On a 16-gig RAM machine, the scraper can trigger about 90 posts to load (with full comments and replies) and save before the browser crashes due to running out of memory. This is a known issue with Patreon, where users cannot access very old posts because of how it handles pagination (infinite scrolling, which increases RAM consumption the more you scroll back). The scraper simply reaches that limit faster than you would manually. This is not an issue if the creator posts under that limit in a year, as the scraper offers the option to scrape by year. However, if the creator posts more than that in a year, you cannot access the older posts.

## Scripts

The following scripts are available via `npm run`:

- `start`: Runs the main scraper script ([`src/index.ts`](src/index.ts)).
- `login`: Runs the login script ([`src/login.js`](src/index.js)).
- `setup`: Installs dependencies and runs the login script.
- `clean`: Cleans the `dist` directory.
- `logout`: Deletes the `browser-data` directory.

## Project Structure

```plaintext
.
├── config.ts <- Set creator & other configurations
├── dist
│ └──
│ └── <- Output directory
└── src
├── index.ts <- Main scraper script
└── login.js <- Login script
```

## What is MHTML?

MHTML, short for MIME HTML, is a web page archive format used to combine resources that are typically represented by external links (such as images, scripts, and stylesheets) into a single file.

This format is useful for saving web pages for offline viewing or archiving purposes because everything that makes up the web page is stored in a single file.
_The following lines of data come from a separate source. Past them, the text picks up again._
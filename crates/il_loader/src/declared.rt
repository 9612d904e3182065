//! What was declared before the words of an image.

use crate::instance::Instances;
use crate::label::Labels;
use crate::variable::Variables;
use il_model::{Value, Version};
use std::marker::Model;

/// Variables and instances, to which the numbers in words point.
#[derive(Drop)]
pub struct Declared<'a, 'b> {
    variables: &'a Variables<'b>,
    instances: &'a Instances<'b>,
}

impl<'a, 'b> Model for Declared<'a, 'b> {
    ghost use Rattle.il_model.specs.Program.{Declarations};

    ghost Value = { Declarations };

    ghost view = { λ d. record { variables = d.variables.now; instances = d.instances.now } };
}

impl<'a, 'b> Declared<'a, 'b> {
    ghost use Rattle.std.specs.Prelude.{◌≡◌};

    /// These variables and instances.
    pub fn of(variables: &'a Variables<'b>, instances: &'a Instances<'b>) -> Declared<'a, 'b>
        ensures { result ≡ record { variables = variables.now; instances = instances.now } }
    {
        Declared {
            variables,
            instances,
        }
    }

    /// The variables.
    pub fn variables(&self) -> &Variables<'b>
        ensures { result.now ≡ self.now.variables }
    {
        self.variables
    }

    /// The instances.
    pub fn instances(&self) -> &Instances<'b>
        ensures { result.now ≡ self.now.instances }
    {
        self.instances
    }
}

/// The version of an image, and the tables before its words, to which their numbers point.
#[derive(Drop)]
pub struct SymbolTables<'a, 'b> {
    pub version: Version,
    pub declared: &'a Declared<'a, 'b>,
    pub labels: &'a Labels<'b>,
    pub constants: &'a [Value],
}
This script takes advantage of the MHTML format so that there's no need to build a new UI to view the scraped data. You can simply open the `.mhtml` file in a web browser to view the content as if you were viewing the Patreon page online.

## Maintenance

Some anticipated issues in the future:

- Patreon changing their website structure.
- Library used for browser stealth no longer working.

If you encounter any issues, feel free to open an issue or help fix it.

## Is This Safe?

Yes. All the script does in essence is trigger dynamic contents to load and then save the page for offline viewing. Just ask AI about the code if you're unsure.

## License

This project is licensed under the ISC License.